## Requirement:
Find the line with "changes are made." in the records below. Copy it and every line after it, up to and including the line with "may be fewer.".

--- Extracted data ---

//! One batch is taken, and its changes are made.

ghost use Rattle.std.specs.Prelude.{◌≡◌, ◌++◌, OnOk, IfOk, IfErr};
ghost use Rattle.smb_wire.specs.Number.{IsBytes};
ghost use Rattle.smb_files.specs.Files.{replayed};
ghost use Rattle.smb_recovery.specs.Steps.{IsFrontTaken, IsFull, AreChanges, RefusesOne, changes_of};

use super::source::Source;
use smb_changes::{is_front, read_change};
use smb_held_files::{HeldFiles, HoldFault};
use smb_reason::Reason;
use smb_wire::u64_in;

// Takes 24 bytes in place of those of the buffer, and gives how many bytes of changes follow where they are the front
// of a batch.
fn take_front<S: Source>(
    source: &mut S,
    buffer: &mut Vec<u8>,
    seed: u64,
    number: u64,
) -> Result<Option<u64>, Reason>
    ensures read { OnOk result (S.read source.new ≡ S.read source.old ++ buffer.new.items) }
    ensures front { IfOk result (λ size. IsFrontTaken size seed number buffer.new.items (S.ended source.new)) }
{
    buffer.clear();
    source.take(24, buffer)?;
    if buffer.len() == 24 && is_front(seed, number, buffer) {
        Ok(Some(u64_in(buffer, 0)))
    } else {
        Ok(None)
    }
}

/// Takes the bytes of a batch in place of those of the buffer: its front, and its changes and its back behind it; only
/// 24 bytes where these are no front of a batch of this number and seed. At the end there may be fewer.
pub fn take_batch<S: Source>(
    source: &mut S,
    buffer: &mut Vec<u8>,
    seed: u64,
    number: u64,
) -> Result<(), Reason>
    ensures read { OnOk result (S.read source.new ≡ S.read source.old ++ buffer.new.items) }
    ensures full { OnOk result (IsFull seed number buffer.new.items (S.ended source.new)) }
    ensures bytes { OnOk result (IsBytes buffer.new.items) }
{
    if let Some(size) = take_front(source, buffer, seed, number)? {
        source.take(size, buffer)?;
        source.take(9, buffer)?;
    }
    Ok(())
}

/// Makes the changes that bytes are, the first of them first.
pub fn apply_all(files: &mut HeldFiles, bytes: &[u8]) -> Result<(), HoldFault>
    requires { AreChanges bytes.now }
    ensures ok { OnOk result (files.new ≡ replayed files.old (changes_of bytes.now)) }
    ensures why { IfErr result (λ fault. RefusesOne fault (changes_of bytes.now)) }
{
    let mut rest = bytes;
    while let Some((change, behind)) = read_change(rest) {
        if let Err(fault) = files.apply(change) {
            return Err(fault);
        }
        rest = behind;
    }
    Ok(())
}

---
--- Extracted data ---

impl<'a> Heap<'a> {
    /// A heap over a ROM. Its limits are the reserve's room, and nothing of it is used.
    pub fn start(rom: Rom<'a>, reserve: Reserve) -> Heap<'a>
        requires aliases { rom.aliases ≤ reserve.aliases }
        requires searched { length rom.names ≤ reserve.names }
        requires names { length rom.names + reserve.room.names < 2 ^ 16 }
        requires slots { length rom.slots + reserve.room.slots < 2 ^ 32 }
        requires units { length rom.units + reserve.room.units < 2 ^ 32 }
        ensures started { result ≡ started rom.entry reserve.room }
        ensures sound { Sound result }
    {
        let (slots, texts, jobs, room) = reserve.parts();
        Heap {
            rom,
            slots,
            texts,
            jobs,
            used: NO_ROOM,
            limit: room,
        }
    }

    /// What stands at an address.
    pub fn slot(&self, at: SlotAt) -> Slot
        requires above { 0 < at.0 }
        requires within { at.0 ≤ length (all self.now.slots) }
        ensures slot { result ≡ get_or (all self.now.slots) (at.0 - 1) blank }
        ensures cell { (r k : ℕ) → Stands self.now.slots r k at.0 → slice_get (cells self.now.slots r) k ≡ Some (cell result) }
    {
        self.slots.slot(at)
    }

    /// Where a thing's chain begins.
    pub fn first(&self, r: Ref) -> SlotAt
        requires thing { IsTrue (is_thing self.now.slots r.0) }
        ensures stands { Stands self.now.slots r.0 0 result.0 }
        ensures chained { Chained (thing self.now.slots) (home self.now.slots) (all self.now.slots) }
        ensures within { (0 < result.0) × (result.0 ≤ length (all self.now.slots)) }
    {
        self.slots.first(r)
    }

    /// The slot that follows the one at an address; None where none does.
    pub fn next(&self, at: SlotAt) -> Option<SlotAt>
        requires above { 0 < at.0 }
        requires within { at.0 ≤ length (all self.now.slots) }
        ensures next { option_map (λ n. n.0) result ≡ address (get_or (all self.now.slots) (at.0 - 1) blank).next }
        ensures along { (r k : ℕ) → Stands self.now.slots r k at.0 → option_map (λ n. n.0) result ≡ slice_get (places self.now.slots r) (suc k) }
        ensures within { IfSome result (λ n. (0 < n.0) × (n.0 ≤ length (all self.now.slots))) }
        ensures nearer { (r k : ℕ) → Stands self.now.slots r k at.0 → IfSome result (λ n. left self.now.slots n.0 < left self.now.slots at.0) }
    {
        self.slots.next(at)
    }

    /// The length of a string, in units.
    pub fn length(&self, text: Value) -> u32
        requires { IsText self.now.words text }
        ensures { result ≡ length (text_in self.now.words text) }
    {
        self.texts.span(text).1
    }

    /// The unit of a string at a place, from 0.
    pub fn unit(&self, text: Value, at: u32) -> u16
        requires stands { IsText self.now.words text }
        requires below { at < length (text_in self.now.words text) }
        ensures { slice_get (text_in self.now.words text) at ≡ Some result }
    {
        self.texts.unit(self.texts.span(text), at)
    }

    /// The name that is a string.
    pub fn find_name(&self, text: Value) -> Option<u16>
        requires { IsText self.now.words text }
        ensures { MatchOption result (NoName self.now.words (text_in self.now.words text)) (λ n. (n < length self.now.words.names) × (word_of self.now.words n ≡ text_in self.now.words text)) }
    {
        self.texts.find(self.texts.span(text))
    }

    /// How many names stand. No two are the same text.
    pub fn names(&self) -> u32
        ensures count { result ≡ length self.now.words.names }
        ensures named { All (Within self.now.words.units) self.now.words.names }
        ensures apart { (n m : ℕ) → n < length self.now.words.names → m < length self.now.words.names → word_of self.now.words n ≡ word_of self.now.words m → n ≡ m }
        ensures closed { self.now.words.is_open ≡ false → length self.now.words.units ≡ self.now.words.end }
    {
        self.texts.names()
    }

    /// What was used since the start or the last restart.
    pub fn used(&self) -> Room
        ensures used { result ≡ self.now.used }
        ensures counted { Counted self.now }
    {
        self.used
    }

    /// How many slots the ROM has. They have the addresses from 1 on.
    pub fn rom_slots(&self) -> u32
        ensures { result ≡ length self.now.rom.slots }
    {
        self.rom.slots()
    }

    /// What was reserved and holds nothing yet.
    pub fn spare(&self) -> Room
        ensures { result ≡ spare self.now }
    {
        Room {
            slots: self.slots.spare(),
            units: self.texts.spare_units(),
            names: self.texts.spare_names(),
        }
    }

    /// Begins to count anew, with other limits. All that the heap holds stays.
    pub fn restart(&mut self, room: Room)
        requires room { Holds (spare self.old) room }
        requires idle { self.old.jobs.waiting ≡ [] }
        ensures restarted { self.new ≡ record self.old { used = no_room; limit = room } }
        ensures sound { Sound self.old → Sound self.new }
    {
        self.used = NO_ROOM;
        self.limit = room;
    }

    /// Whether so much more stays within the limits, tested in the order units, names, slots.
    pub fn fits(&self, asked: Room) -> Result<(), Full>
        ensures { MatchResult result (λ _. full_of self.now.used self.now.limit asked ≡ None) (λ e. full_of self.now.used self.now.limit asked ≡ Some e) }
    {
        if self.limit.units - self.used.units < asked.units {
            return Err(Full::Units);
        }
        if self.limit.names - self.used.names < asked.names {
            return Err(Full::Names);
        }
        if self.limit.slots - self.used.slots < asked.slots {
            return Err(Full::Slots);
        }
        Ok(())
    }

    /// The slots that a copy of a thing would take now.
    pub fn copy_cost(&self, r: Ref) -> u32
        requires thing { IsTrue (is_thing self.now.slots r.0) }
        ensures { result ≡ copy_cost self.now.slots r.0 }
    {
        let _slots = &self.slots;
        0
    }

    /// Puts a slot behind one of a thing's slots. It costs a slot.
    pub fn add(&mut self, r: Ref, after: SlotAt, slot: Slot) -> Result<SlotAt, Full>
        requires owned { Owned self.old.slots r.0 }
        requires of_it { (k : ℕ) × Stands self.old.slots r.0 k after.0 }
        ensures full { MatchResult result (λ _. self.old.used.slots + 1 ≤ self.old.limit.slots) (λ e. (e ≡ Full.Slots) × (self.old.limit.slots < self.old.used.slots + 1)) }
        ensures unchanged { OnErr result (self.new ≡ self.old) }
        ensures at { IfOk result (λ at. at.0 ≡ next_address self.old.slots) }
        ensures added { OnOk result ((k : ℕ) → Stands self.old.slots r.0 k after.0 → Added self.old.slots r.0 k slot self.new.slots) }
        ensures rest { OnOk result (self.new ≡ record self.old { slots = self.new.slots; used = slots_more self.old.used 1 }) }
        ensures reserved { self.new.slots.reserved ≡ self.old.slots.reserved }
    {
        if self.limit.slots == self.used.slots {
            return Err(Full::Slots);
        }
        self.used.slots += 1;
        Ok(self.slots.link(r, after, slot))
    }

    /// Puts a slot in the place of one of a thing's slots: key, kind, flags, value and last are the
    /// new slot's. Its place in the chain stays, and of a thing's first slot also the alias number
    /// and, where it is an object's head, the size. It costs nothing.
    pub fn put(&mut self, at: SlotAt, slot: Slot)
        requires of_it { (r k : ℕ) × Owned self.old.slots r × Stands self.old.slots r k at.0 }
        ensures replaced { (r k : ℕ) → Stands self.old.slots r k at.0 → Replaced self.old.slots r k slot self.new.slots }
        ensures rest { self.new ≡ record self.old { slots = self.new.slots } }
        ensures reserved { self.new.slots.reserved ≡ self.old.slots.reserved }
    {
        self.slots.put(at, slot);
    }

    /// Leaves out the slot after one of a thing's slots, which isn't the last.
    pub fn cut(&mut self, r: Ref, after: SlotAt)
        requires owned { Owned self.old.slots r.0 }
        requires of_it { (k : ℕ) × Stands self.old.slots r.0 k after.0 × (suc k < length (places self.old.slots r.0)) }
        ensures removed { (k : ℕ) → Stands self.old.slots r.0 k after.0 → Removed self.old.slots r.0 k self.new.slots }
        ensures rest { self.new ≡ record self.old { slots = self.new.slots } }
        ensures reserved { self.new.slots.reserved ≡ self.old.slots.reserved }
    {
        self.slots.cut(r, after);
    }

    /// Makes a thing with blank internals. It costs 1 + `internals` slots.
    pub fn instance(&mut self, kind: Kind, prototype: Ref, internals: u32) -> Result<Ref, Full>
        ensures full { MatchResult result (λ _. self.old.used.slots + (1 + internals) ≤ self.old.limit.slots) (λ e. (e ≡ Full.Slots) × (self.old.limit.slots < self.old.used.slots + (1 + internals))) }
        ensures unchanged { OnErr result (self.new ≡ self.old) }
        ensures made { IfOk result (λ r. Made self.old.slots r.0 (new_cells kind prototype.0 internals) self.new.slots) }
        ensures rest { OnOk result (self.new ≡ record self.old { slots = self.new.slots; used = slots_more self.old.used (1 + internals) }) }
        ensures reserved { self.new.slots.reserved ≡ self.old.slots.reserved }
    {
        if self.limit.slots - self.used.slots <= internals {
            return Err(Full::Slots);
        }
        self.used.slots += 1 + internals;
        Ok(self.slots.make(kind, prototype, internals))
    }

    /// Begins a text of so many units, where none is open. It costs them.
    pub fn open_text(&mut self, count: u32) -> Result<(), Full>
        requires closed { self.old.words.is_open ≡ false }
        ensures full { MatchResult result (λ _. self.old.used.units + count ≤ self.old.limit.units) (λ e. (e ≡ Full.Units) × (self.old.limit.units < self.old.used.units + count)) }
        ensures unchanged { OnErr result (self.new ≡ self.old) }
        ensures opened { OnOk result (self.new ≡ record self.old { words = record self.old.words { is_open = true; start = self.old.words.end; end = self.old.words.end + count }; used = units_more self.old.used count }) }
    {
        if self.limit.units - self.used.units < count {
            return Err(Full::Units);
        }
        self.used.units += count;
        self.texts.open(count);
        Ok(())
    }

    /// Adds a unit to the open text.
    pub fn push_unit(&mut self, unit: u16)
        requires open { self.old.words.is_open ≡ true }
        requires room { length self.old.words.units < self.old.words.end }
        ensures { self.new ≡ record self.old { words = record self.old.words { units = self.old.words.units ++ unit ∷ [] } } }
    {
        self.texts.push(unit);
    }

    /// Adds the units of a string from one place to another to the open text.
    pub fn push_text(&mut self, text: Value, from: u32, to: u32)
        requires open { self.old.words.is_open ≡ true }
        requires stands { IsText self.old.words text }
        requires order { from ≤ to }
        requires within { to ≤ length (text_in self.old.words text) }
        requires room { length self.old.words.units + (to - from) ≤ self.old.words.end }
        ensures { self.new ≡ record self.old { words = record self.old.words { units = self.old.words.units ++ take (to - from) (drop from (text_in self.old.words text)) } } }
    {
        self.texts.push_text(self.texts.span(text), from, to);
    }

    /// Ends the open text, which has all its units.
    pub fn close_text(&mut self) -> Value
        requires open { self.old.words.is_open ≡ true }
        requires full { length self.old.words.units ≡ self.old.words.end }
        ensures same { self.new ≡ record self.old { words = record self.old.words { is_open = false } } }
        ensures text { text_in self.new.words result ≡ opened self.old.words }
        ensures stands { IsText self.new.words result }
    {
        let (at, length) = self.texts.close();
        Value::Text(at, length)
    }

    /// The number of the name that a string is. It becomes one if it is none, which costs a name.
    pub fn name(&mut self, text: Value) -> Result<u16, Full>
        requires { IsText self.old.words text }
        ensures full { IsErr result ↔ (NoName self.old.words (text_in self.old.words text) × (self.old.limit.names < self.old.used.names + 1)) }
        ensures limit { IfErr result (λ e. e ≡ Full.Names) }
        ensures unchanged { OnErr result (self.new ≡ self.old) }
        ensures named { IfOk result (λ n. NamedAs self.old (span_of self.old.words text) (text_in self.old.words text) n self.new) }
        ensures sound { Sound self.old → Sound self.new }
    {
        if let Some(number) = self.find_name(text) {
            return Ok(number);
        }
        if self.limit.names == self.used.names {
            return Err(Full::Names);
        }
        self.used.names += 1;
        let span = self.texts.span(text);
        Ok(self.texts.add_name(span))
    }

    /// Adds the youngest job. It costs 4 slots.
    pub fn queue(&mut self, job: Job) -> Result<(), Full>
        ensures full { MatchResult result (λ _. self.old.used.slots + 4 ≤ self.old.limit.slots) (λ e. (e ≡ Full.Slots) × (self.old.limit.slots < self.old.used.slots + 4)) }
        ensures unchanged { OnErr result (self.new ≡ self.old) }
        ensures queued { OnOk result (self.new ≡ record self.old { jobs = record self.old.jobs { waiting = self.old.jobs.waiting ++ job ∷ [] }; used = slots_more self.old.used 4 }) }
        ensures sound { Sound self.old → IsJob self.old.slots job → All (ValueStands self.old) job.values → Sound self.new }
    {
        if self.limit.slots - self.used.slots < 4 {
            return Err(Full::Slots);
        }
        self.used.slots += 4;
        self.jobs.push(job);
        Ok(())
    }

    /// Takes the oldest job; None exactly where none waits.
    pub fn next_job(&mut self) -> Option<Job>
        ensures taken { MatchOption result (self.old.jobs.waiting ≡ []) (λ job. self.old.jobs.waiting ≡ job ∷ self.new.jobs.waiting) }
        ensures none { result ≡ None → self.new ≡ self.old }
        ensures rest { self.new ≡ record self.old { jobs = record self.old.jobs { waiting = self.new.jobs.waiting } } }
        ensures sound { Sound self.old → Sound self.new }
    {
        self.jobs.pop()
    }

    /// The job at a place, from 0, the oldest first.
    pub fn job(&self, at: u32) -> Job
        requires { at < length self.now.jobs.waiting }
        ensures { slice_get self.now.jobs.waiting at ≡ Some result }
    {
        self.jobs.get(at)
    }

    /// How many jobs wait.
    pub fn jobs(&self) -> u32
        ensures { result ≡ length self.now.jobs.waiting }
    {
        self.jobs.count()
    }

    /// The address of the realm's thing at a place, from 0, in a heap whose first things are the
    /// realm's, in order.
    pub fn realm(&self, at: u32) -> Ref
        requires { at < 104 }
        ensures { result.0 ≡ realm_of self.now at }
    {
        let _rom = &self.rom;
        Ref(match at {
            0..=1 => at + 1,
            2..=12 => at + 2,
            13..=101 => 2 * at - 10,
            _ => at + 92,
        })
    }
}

---
--- Extracted data ---

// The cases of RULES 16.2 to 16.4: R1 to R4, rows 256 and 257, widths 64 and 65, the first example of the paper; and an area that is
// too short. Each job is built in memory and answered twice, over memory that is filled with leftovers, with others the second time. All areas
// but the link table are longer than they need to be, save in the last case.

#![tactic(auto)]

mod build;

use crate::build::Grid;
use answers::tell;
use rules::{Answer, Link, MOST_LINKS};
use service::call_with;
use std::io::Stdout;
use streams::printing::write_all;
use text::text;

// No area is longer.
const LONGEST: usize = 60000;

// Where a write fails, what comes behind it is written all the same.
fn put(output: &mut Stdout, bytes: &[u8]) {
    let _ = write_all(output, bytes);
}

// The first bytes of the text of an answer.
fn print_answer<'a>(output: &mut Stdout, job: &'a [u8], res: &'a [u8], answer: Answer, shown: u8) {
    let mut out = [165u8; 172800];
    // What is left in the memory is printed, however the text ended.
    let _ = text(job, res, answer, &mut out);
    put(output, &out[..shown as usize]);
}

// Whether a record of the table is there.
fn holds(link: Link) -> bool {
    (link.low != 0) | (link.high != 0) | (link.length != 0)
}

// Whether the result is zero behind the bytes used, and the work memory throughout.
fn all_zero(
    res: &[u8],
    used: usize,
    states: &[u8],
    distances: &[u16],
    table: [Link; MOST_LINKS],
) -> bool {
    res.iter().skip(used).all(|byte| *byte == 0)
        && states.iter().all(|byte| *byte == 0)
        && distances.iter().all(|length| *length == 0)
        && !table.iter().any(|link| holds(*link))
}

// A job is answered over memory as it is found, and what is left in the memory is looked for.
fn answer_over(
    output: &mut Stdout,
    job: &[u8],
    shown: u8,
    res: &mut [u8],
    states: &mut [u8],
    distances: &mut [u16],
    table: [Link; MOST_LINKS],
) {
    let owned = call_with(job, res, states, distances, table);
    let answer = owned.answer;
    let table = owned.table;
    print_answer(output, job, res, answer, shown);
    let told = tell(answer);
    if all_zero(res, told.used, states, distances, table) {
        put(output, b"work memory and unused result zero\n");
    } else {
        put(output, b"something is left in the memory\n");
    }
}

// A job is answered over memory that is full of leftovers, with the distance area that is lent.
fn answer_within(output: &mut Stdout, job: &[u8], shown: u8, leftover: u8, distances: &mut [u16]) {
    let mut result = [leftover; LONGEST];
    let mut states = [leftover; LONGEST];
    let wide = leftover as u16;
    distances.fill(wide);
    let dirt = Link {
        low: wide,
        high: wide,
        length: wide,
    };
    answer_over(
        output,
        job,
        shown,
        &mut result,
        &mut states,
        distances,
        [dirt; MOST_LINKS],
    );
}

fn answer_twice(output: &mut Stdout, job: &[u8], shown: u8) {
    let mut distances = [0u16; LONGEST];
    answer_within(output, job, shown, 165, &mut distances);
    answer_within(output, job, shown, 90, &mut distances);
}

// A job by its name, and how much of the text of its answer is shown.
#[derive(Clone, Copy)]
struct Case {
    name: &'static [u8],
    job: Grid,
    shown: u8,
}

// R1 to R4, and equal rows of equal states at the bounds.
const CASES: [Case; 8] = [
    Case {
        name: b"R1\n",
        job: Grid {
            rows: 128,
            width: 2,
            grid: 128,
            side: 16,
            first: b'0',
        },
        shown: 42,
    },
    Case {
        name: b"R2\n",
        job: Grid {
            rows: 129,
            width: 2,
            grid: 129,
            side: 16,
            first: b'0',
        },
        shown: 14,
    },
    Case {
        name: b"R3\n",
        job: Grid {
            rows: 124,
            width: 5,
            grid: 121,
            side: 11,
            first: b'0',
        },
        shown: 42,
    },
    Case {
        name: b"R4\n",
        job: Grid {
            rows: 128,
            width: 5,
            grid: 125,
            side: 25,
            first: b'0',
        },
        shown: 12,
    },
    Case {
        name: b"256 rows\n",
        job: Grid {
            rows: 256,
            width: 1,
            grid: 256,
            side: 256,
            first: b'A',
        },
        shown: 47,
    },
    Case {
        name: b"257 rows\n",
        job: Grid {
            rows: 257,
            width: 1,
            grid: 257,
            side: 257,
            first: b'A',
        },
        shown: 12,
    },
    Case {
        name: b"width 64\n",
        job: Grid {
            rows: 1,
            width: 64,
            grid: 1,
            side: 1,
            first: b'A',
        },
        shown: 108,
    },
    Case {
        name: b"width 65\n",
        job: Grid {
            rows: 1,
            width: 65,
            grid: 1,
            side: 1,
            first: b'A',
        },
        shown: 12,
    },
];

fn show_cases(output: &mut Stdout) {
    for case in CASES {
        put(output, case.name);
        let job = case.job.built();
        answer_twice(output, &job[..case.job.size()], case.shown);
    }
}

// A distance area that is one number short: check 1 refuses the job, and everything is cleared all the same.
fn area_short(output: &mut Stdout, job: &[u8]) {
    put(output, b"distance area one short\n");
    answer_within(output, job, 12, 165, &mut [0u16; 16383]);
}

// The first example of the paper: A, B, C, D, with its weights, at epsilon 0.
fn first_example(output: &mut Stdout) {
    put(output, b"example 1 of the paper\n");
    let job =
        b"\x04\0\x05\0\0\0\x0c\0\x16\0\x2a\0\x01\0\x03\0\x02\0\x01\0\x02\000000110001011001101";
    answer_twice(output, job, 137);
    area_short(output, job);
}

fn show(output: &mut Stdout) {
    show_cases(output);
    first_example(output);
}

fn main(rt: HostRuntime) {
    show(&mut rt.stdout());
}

---

## Solution:
//! One batch is taken, and its changes are made.

ghost use Rattle.std.specs.Prelude.{◌≡◌, ◌++◌, OnOk, IfOk, IfErr};
ghost use Rattle.smb_wire.specs.Number.{IsBytes};
ghost use Rattle.smb_files.specs.Files.{replayed};
ghost use Rattle.smb_recovery.specs.Steps.{IsFrontTaken, IsFull, AreChanges, RefusesOne, changes_of};

use super::source::Source;
use smb_changes::{is_front, read_change};
use smb_held_files::{HeldFiles, HoldFault};
use smb_reason::Reason;
use smb_wire::u64_in;

// Takes 24 bytes in place of those of the buffer, and gives how many bytes of changes follow where they are the front
// of a batch.
fn take_front<S: Source>(
    source: &mut S,
    buffer: &mut Vec<u8>,
    seed: u64,
    number: u64,
) -> Result<Option<u64>, Reason>
    ensures read { OnOk result (S.read source.new ≡ S.read source.old ++ buffer.new.items) }
    ensures front { IfOk result (λ size. IsFrontTaken size seed number buffer.new.items (S.ended source.new)) }
{
    buffer.clear();
    source.take(24, buffer)?;
    if buffer.len() == 24 && is_front(seed, number, buffer) {
        Ok(Some(u64_in(buffer, 0)))
    } else {
        Ok(None)
    }
}

/// Takes the bytes of a batch in place of those of the buffer: its front, and its changes and its back behind it; only
/// 24 bytes where these are no front of a batch of this number and seed. At the end there may be fewer.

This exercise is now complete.